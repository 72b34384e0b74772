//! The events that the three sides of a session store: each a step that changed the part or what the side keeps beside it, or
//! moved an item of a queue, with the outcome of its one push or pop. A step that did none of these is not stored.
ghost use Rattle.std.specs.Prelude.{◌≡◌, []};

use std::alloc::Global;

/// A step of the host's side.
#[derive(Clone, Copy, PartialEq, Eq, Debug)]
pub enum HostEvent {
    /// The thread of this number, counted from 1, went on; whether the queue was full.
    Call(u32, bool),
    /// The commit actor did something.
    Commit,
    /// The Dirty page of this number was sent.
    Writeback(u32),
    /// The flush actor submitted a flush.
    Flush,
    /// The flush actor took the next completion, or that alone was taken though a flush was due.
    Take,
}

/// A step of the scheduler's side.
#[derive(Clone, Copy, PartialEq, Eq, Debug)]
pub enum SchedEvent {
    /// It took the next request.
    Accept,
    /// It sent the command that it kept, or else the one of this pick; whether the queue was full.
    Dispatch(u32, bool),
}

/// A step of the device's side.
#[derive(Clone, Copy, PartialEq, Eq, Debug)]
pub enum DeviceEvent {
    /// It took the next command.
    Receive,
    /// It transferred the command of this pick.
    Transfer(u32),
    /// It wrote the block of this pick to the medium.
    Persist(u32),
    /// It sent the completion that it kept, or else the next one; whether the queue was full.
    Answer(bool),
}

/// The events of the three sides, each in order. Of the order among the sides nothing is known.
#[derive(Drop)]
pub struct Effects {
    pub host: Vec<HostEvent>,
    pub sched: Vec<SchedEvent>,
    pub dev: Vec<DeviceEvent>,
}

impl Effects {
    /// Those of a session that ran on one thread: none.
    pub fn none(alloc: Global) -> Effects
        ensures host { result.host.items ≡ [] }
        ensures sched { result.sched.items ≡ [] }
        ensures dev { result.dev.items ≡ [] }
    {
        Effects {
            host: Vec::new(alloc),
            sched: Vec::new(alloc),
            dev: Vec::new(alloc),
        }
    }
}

§ §

■ Problem requirements
What is wanted is the line containing "actor did something." and every line after it through the last line of the entries, printed exactly.

■ Solution to this exercise
    /// The commit actor did something.
    Commit,
    /// The Dirty page of this number was sent.
    Writeback(u32),
    /// The flush actor submitted a flush.
    Flush,
    /// The flush actor took the next completion, or that alone was taken though a flush was due.
    Take,
}

/// A step of the scheduler's side.
#[derive(Clone, Copy, PartialEq, Eq, Debug)]
pub enum SchedEvent {
    /// It took the next request.
    Accept,
    /// It sent the command that it kept, or else the one of this pick; whether the queue was full.
    Dispatch(u32, bool),
}

/// A step of the device's side.
#[derive(Clone, Copy, PartialEq, Eq, Debug)]
pub enum DeviceEvent {
    /// It took the next command.
    Receive,
    /// It transferred the command of this pick.
    Transfer(u32),
    /// It wrote the block of this pick to the medium.
    Persist(u32),
    /// It sent the completion that it kept, or else the next one; whether the queue was full.
    Answer(bool),
}

/// The events of the three sides, each in order. Of the order among the sides nothing is known.
#[derive(Drop)]
pub struct Effects {
    pub host: Vec<HostEvent>,
    pub sched: Vec<SchedEvent>,
    pub dev: Vec<DeviceEvent>,
}

impl Effects {
    /// Those of a session that ran on one thread: none.
    pub fn none(alloc: Global) -> Effects
        ensures host { result.host.items ≡ [] }
        ensures sched { result.sched.items ≡ [] }
        ensures dev { result.dev.items ≡ [] }
    {
        Effects {
            host: Vec::new(alloc),
            sched: Vec::new(alloc),
            dev: Vec::new(alloc),
        }
    }
}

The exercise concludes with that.